What happened was exactly the opposite. They received dozens of feasible solutions! The program was so successful that they used it for other problems, then eventually broke off into their own company. They still operate today, and lots of companies use them.

Why does it work? How is it that an outsider could come in and provide a fresh perspective to a problem that a company had dedicated millions of dollars to, recruiting the world’s top scientists?

The answer is that sometimes it takes a fresh perspective to create a breakthrough. It’s why traveling is so important for artists, for example. You need to be an outsider… or, at least, be able to invoke that way of thinking.

That’s a long preamble to say that Art History can be bad and good, depending on how you study it. If you don’t enjoy it but memorize the facts in order to nail your grades, it’s not going to help you. However, you can learn why the pieces you’re studying were significant… why they were breakthroughs… and what kind of person created them. That can provide you with insight into the type of person it takes to create those works.
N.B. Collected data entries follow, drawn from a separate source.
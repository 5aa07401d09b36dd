//! Names: numbers and designations.

ghost use Rattle.std.specs.Prelude.{◌≡◌, ◌↔◌, IsTrue, IfOk};
ghost use Rattle.packed_names.specs.Ranges.{IsName, IsHalfMonth};
ghost use Rattle.packed_names.specs.Judging.{is_half_month, is_provisional, is_in_range, judge};

use crate::half_month::HalfMonth;
use crate::number::{GREATEST_NUMBER, Number};
use crate::provisional::{Provisional, limit};
use crate::survey::Survey;
use std::error::Error;
use std::fmt;
use std::fmt::{Display, Formatter};

/// The designation of a minor planet that has no number yet.
///
/// Provisional designations come first in their order, by year, half-month and order; then those of the surveys, by
/// survey and number.
#[derive(Clone, Copy, Debug, PartialEq, Eq, PartialOrd, Ord)]
pub enum Designation {
    /// Given by the Minor Planet Center for a half-month.
    Provisional(Provisional),
    /// Given by a survey, with a number from 1 to 9999.
    Survey(Survey, u16),
}

/// What a minor planet is called by.
#[derive(Clone, Copy, Debug, PartialEq, Eq)]
pub enum Name {
    /// Of a minor planet whose orbit is known well.
    Number(Number),
    /// Of one that has no number, or of what a numbered one was called before.
    Designation(Designation),
}

/// Why a text is no name.
#[derive(Clone, Copy, Debug, PartialEq, Eq)]
pub enum NameFault {
    /// The text has the shape of no name.
    Spelling,
    /// The text has the shape of a name, and its number, year or order is none that a name has.
    OutOfRange,
}

impl Display for NameFault {
    fn fmt<W: fmt::Write>(&self, f: &mut Formatter<W>) -> fmt::Result {
        f.pad(match self {
            NameFault::Spelling => "no spelling of a name",
            NameFault::OutOfRange => "a number, a year or an order that no name has",
        })
    }
}

impl Error for NameFault {}

/// Whether the year and the index are those of a half-month.
pub fn is_half_month(half: HalfMonth) -> bool
    ensures test { result ≡ is_half_month half }
    ensures half { IsTrue result ↔ IsHalfMonth half }
{
    half.year >= 1925 && half.year <= 2099 && half.index < 24
}

/// Whether the half-month is one, and has a designation of this order.
fn is_provisional(provisional: Provisional) -> bool
    ensures { result ≡ is_provisional provisional }
{
    is_half_month(provisional.half)
        && provisional.order >= 1
        && provisional.order <= limit(provisional.half)
}

/// Whether the fields of the name are in their ranges: only such a name has texts.
pub fn is_name(name: Name) -> bool
    ensures test { result ≡ is_in_range name }
    ensures name { IsTrue result ↔ IsName name }
{
    match name {
        Name::Number(number) => number.0 >= 1 && number.0 <= GREATEST_NUMBER,
        Name::Designation(Designation::Provisional(provisional)) => is_provisional(provisional),
        Name::Designation(Designation::Survey(_, number)) => number >= 1 && number <= 9999,
    }
}

/// The values themselves, where they are in range.
pub(crate) fn judged(values: Name) -> Result<Name, NameFault>
    ensures exact { result ≡ judge is_in_range values }
    ensures in_range { IfOk result IsName }
{
    if is_name(values) {
        Ok(values)
    } else {
        Err(NameFault::OutOfRange)
    }
}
Of course, no artist knows that they’re creating a masterpiece while they’re doing it. They’re just doing what they’re doing. Leonardo DaVinci wasn’t the DaVinci we know today while he was alive… he was just “Leonardo, that weird dude that lives down the way with all the junk in the yard.”

If you open yourself to the ideas you see, whether or not you fully appreciate it for its artistic merit, you will strengthen your ability to see and think about ideas.

Diversity is the source of inspiration and greatness; uniformity and order is creativity’s nemesis.

(Okay, mods, now you can flag/delete/lock this for not being appropriate or whatever.)